Even if TikTok refuses to sell and shuts down forever, as its parent company seems to want, the app has left an indelible mark on the social media landscape and on the lives of the tens of millions who used it. Many users have stated they quit their traditional jobs to become full-time influencers, and will be financially devastated if TikTok disappears. In Montana, where a ban was passed (and later reversed) many such influencers lobbied aggressively against it.

TikTok’s impact on me will continue in the form of countless pointless facts that are now buried deep in my brain: yesterday I spent 10 minutes of my life learning about the history of Bic pens. I watch ASMR – autonomous sensory meridian response – videos there when I am trying to fall asleep. BookTok influencers still give me legitimately enjoyable recommendations. The other day I laughed until I cried at this video. Entertaining drama remains, including one woman who was recently accused of pretending to be Amish to gain followers. I watched a cat give birth to a litter of kittens on TikTok Live just last week.

The platform’s biggest legacy moving forward is the solidification of a demand for short-form videos, said Rollison – one that its competitors have yet to meet successfully. While Meta has invested heavily in Instagram Reels and Alphabet in YouTube Shorts, no platforms have found the secret sauce that TikTok has to keep users highly engaged.

The Reels venture at Meta had been growing rapidly when the company last released numbers specific to the platform. In recent earnings reports, Meta did not report Reels engagement numbers specifically, but its CEO, Mark Zuckerberg, said that Reels alone now makes up 50% of user time spent on Instagram.
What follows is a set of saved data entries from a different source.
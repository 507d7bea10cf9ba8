// Calls as values.
ghost use Rattle.std.specs.Prelude.{◌≡◌, Some, vec_items};
ghost use Rattle.engine.specs.Beneath.{StoreDoes};
ghost use Rattle.engine.specs.Bytes.{answer_with, call_with, request_with};
ghost use Rattle.engine.specs.Installed.{Performs, means};
ghost use Rattle.engine.specs.Laws.{OnlyItsCells, RefusedLeavesAll, SavedRestores};
ghost use Rattle.engine.specs.Refusals.{refusal_of};
ghost use Rattle.engine.specs.Sound.{Sound};
ghost use Rattle.engine.specs.declared.refusal.Refusal.{Refusal};
ghost use Rattle.engine.specs.declared.call.Call.TheVariants as call;

use super::{Answer, Call, Installation, Request, fixed_address};
use store::Store;

impl<S: Store> Installation<S> {
    // Does a call. The buffer of a save is handed on in its answer.
    pub fn perform(&mut self, call: Call<Vec<u8>>) -> Answer<Vec<u8>>
        ensures performed { Performs S.cells self.old (call_with vec_items call) (answer_with vec_items result) self.new }
        ensures refused { RefusedLeavesAll (call_with vec_items call) (answer_with vec_items result) self.old self.new }
        ensures other_cells { OnlyItsCells (means S.cells self.old) (call_with vec_items call) (means S.cells self.new) }
        ensures sound { Sound (means S.cells self.new) }
        ensures restores { SavedRestores (means S.cells self.old) (call_with vec_items call) (answer_with vec_items result) }
        ensures store { StoreDoes S.puts_whole S.puts_half (means S.cells self.old) (call_with vec_items call) self.old.store self.new.store }
    {
        self.dispatch(call)
    }

    #[tactic(auto, using(crate::proofs::Lawful::on_refusal))]
    fn dispatch(&mut self, call: Call<Vec<u8>>) -> Answer<Vec<u8>>
        ensures performed { Performs S.cells self.old (call_with vec_items call) (answer_with vec_items result) self.new }
        ensures refused { (e : Refusal) → refusal_of (answer_with vec_items result) ≡ Some e → self.new ≡ self.old }
        ensures sound { Sound (means S.cells self.old) }
        ensures restores { SavedRestores (means S.cells self.old) (call_with vec_items call) (answer_with vec_items result) }
        ensures store { StoreDoes S.puts_whole S.puts_half (means S.cells self.old) (call_with vec_items call) self.old.store self.new.store }
    {
        // Opens the installation, so that the proof learns what holds of every one.
        let _ = &self.places;
        match call {
            Call::Admit {
                place,
                lower,
                terms,
            } => Answer::Admitted(self.admit(place, lower, terms)),
            Call::Ask { place, request } => self.ask(place, request),
            Call::Retire { place } => Answer::Retired(self.retire(place)),
            Call::Span { place } => Answer::Spanned(self.span(place)),
            Call::FixedAddress { cause, address } => {
                Answer::FixedAddress(fixed_address(cause, address))
            }
        }
    }

    #[tactic(auto, using(crate::proofs::Lawful::on_refusal))]
    fn ask(&mut self, place: u32, request: Request<Vec<u8>>) -> Answer<Vec<u8>>
        ensures performed { Performs S.cells self.old (call.Ask place (request_with vec_items request)) (answer_with vec_items result) self.new }
        ensures restores { SavedRestores (means S.cells self.old) (call.Ask place (request_with vec_items request)) (answer_with vec_items result) }
        ensures refused { (e : Refusal) → refusal_of (answer_with vec_items result) ≡ Some e → self.new ≡ self.old }
        ensures store { StoreDoes S.puts_whole S.puts_half (means S.cells self.old) (call.Ask place (request_with vec_items request)) self.old.store self.new.store }
    {
        match request {
            Request::Load { address, word } => Answer::Loaded(self.load(place, address, word)),
            Request::Look { address } => Answer::Looked(self.look(place, address)),
            Request::Run { budget } => Answer::Ran(self.run(place, budget)),
            Request::Answer { a, q, p } => Answer::Answered(self.answer(place, a, q, p)),
            Request::Save { mut buffer } => {
                let saved = self.save(place, buffer.as_mut_slice());
                Answer::Saved(saved, buffer)
            }
            Request::Restore { bytes } => Answer::Restored(self.restore(place, bytes.as_slice())),
            Request::Tell => Answer::Told(self.tell(place)),
        }
    }
}
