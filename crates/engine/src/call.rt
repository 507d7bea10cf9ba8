// The calls of an installation as values. B is what bytes are given in.
use processor::RelativeAddress;
use store::CellAddress;

// What a worker is admitted to, besides its place and its lower limit.
#[derive(Clone, Copy, Debug, PartialEq, Eq)]
pub struct Terms {
    pub length: u32,
    pub entry: RelativeAddress,
}

// What is asked of a worker.
#[derive(Clone, Debug, PartialEq, Eq, Drop)]
pub enum Request<B> {
    Load { address: RelativeAddress, word: u32 },
    Look { address: RelativeAddress },
    Run { budget: u32 },
    Answer { a: u32, q: u32, p: u32 },
    Save { buffer: B },
    Restore { bytes: B },
    Tell,
}

// A call with its arguments. `Ask` and `Retire` are the calls for the worker at a place.
#[derive(Clone, Debug, PartialEq, Eq, Drop)]
pub enum Call<B> {
    Admit {
        place: u32,
        lower: CellAddress,
        terms: Terms,
    },
    Ask {
        place: u32,
        request: Request<B>,
    },
    Retire {
        place: u32,
    },
    Span {
        place: u32,
    },
    FixedAddress {
        cause: u32,
        address: CellAddress,
    },
}
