// Refusals and what calls answer as text.
ghost use Rattle.std.specs.Prelude.{Some, vec_items};
ghost use Rattle.engine.specs.Bytes.{answer_with};
ghost use Rattle.engine.specs.Text.{answer_text, bytes_text, refusal_text, span_text, told_text};

use super::{Answer, Refusal, Span, State, Told};
use std::error::Error;
use std::fmt;
use store::CellAddress;

impl fmt::Display for Refusal {
    ghost output = { λ refusal. Some (refusal_text refusal) };

    fn fmt<W: fmt::Write>(&self, f: &mut fmt::Formatter<W>) -> fmt::Result {
        let number = self.number();
        match self {
            Refusal::FieldTooWide(offset) => write!(f, "refused {number}, offset {offset}"),
            Refusal::Spoiled(half) => write!(f, "refused {number}, {half}"),
            _ => write!(f, "refused {number}"),
        }
    }
}

impl Error for Refusal {}

impl fmt::Display for Told {
    ghost output = { λ told. Some (told_text told) };

    fn fmt<W: fmt::Write>(&self, f: &mut fmt::Formatter<W>) -> fmt::Result {
        let Told { state, registers } = self;
        match state {
            State::Ready => write!(f, "ready, {registers}"),
            State::Held(report) => write!(f, "held, {registers}, {report}"),
        }
    }
}

impl fmt::Display for Span {
    ghost output = { λ span. Some (span_text span) };

    fn fmt<W: fmt::Write>(&self, f: &mut fmt::Formatter<W>) -> fmt::Result {
        let Span {
            lower: CellAddress(lower),
            length,
        } = self;
        write!(f, "lower {lower}, length {length}")
    }
}

// Bytes, each as two hexadecimal digits.
#[derive(Drop)]
struct Hexadecimal<'a>(&'a [u8]);

impl fmt::Display for Hexadecimal<'_> {
    ghost output = { λ bytes. Some (bytes_text bytes.0.now) };

    fn fmt<W: fmt::Write>(&self, f: &mut fmt::Formatter<W>) -> fmt::Result {
        for &byte in self.0 {
            write!(f, "{byte:02x}")?;
        }
        Ok(())
    }
}

// A refused save's buffer is not written.
impl fmt::Display for Answer<Vec<u8>> {
    ghost output = { λ answer. Some (answer_text (answer_with vec_items answer)) };

    #[tactic(auto, using(crate::proofs::Written::padded_address))]
    fn fmt<W: fmt::Write>(&self, f: &mut fmt::Formatter<W>) -> fmt::Result {
        match self {
            Answer::Admitted(Ok(()))
            | Answer::Loaded(Ok(()))
            | Answer::Answered(Ok(()))
            | Answer::Restored(Ok(()))
            | Answer::Retired(Ok(())) => write!(f, "taken"),
            Answer::Looked(Ok(word)) => write!(f, "{word}"),
            Answer::Ran(Ok(ran)) => write!(f, "{ran}"),
            Answer::Saved(Ok(()), buffer) => {
                let bytes = Hexadecimal(buffer.as_slice());
                write!(f, "{bytes}")
            }
            Answer::Told(Ok(told)) => write!(f, "{told}"),
            Answer::Spanned(Ok(span)) => write!(f, "{span}"),
            Answer::FixedAddress(Ok(CellAddress(address))) => write!(f, "{address:02o}"),
            Answer::Admitted(Err(refusal))
            | Answer::Loaded(Err(refusal))
            | Answer::Looked(Err(refusal))
            | Answer::Ran(Err(refusal))
            | Answer::Answered(Err(refusal))
            | Answer::Saved(Err(refusal), _)
            | Answer::Restored(Err(refusal))
            | Answer::Told(Err(refusal))
            | Answer::Retired(Err(refusal))
            | Answer::Spanned(Err(refusal))
            | Answer::FixedAddress(Err(refusal)) => write!(f, "{refusal}"),
        }
    }
}
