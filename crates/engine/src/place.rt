// Places and their workers.
use processor::{Limits, Report};
use records::Registers;
use store::CellAddress;

// The cells of a worker: so many, from the lower limit on.
#[derive(Clone, Copy, Debug, PartialEq, Eq)]
pub struct Span {
    pub lower: CellAddress,
    pub length: u32,
}

#[derive(Clone, Copy, Debug, PartialEq, Eq)]
pub struct Worker {
    pub limits: Limits,
    pub registers: Registers,
}

// A place is free, or its worker is ready to run, or held by an interrupt until it is answered or restored.
#[derive(Clone, Copy, Debug, PartialEq, Eq)]
pub enum Place {
    Free,
    Ready(Worker),
    Held(Worker, Report),
}
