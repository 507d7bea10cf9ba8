// Trials of the installation's calls over real stores: what they answer, refuse and leave, worked by hand from docs/MACHINE.md, docs/REFUSALS.md and docs/FORMATS.md.
#![tactic(auto)]

#[cfg(test)]
mod admitting;
#[cfg(test)]
mod answering;
#[cfg(test)]
mod bench;
#[cfg(test)]
mod fixed;
#[cfg(test)]
mod kinds;
#[cfg(test)]
mod loading;
#[cfg(test)]
mod places;
#[cfg(test)]
mod replaying;
#[cfg(test)]
mod retiring;
#[cfg(test)]
mod running;
#[cfg(test)]
mod saving;
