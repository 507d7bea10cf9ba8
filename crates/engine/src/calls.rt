// The calls of an installation.
ghost use Rattle.std.specs.Prelude.{◌≡◌, OnErr, OnOk, Some};
ghost use Rattle.engine.specs.Beneath.{StoreDoes};
ghost use Rattle.engine.specs.Installation.{worker_at};
ghost use Rattle.engine.specs.Installed.{Performs, means};
ghost use Rattle.engine.specs.Laws.{AdmitsBySpans, OnlyItsCells, Restores};
ghost use Rattle.engine.specs.declared.place.Worker.{Worker};
ghost use Rattle.engine.specs.declared.answer.Answer.TheVariants as answer;
ghost use Rattle.engine.specs.declared.call.Call.TheVariants as call;
ghost use Rattle.engine.specs.declared.call.Request.TheVariants as request;

use super::{Installation, Refusal, Span, Terms, Told};
use crate::{admitting, serving};
use processor::{Ran, RelativeAddress};
use store::{CellAddress, Store};
use words::Word;

impl<S: Store> Installation<S> {
    // Makes a worker at a free place. It is ready to run from its entry, and has the words that lie in its cells.
    pub fn admit(&mut self, place: u32, lower: CellAddress, terms: Terms) -> Result<(), Refusal>
        ensures performed { Performs S.cells self.old (call.Admit place lower terms) (answer.Admitted result) self.new }
        ensures refused { OnErr result (self.new ≡ self.old) }
        ensures store { StoreDoes S.puts_whole S.puts_half (means S.cells self.old) (call.Admit place lower terms) self.old.store self.new.store }
        ensures by_spans { AdmitsBySpans (means S.cells self.old) place lower terms (answer.Admitted result) }
    {
        admitting::admit(&self.store, &mut self.places, place, lower, terms)
    }

    // Puts a word of a worker whole.
    pub fn load(&mut self, place: u32, address: RelativeAddress, word: u32) -> Result<(), Refusal>
        ensures performed { Performs S.cells self.old (call.Ask place (request.Load address word)) (answer.Loaded result) self.new }
        ensures refused { OnErr result (self.new ≡ self.old) }
        ensures store { StoreDoes S.puts_whole S.puts_half (means S.cells self.old) (call.Ask place (request.Load address word)) self.old.store self.new.store }
        ensures other_cells { OnlyItsCells (means S.cells self.old) (call.Ask place (request.Load address word)) (means S.cells self.new) }
    {
        serving::load(&mut self.store, &self.places, place, address, word)
    }

    // Tells a word of a worker.
    pub fn look(&self, place: u32, address: RelativeAddress) -> Result<Word, Refusal>
        ensures performed { Performs S.cells self.now (call.Ask place (request.Look address)) (answer.Looked result) self.now }
    {
        serving::look(&self.store, &self.places, place, address)
    }

    // Runs a ready worker; one that is interrupted is held afterwards.
    pub fn run(&mut self, place: u32, budget: u32) -> Result<Ran, Refusal>
        ensures performed { Performs S.cells self.old (call.Ask place (request.Run budget)) (answer.Ran result) self.new }
        ensures refused { OnErr result (self.new ≡ self.old) }
        ensures store { StoreDoes S.puts_whole S.puts_half (means S.cells self.old) (call.Ask place (request.Run budget)) self.old.store self.new.store }
        ensures other_cells { OnlyItsCells (means S.cells self.old) (call.Ask place (request.Run budget)) (means S.cells self.new) }
    {
        serving::run_worker(&mut self.store, &mut self.places, place, budget)
    }

    // Answers a held worker's report: sets A, Q and P, and makes it ready.
    pub fn answer(&mut self, place: u32, a: u32, q: u32, p: u32) -> Result<(), Refusal>
        ensures performed { Performs S.cells self.old (call.Ask place (request.Answer a q p)) (answer.Answered result) self.new }
        ensures refused { OnErr result (self.new ≡ self.old) }
        ensures store { StoreDoes S.puts_whole S.puts_half (means S.cells self.old) (call.Ask place (request.Answer a q p)) self.old.store self.new.store }
    {
        serving::answer(&self.store, &mut self.places, place, a, q, p)
    }

    // Writes a worker's register record at the front of a buffer.
    pub fn save(&self, place: u32, buffer: &mut [u8]) -> Result<(), Refusal>
        ensures performed { Performs S.cells self.now (call.Ask place (request.Save buffer.old)) (answer.Saved result buffer.new) self.now }
        ensures refused { OnErr result (buffer.new ≡ buffer.old) }
        ensures restores { OnOk result ((w : Worker) → worker_at (means S.cells self.now) place ≡ Some w → Restores buffer.new w.registers) }
    {
        serving::save(&self.store, &self.places, place, buffer)
    }

    // Reads a worker's register record, and makes it ready.
    pub fn restore(&mut self, place: u32, bytes: &[u8]) -> Result<(), Refusal>
        ensures performed { Performs S.cells self.old (call.Ask place (request.Restore bytes.now)) (answer.Restored result) self.new }
        ensures refused { OnErr result (self.new ≡ self.old) }
        ensures store { StoreDoes S.puts_whole S.puts_half (means S.cells self.old) (call.Ask place (request.Restore bytes.now)) self.old.store self.new.store }
    {
        serving::restore(&self.store, &mut self.places, place, bytes)
    }

    // Tells a worker's state, a held one's with its report, and its registers.
    pub fn tell(&self, place: u32) -> Result<Told, Refusal>
        ensures performed { Performs S.cells self.now (call.Ask place request.Tell) (answer.Told result) self.now }
    {
        serving::tell(&self.store, &self.places, place)
    }

    // Frees a worker's place; the cells stay.
    pub fn retire(&mut self, place: u32) -> Result<(), Refusal>
        ensures performed { Performs S.cells self.old (call.Retire place) (answer.Retired result) self.new }
        ensures refused { OnErr result (self.new ≡ self.old) }
        ensures store { StoreDoes S.puts_whole S.puts_half (means S.cells self.old) (call.Retire place) self.old.store self.new.store }
    {
        admitting::retire(&self.store, &mut self.places, place)
    }

    // Tells where a worker lies.
    pub fn span(&self, place: u32) -> Result<Span, Refusal>
        ensures performed { Performs S.cells self.now (call.Span place) (answer.Spanned result) self.now }
    {
        admitting::span(&self.store, &self.places, place)
    }
}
Still, the company said it is focusing on scaling the product, and not yet monetizing it. Alphabet has also declined to share recent numbers on its Shorts, but said in October the videos average 70bn daily views. Executives called the product a “long-term bet for the business” in Alphabet’s most recent earnings call.

“TikTok is still the defining standard of success in the realm of short-form video,” Rollison said. “It has defined a need, and if it goes away, that is going to create a vacuum that will be filled by something. The need for short-form video will survive the death of any particular platform.”

  • This article was amended on 6 May 2024. It initially misattributed a quote from Thom Gibson to Nathan Barry, the CEO of ConvertKit.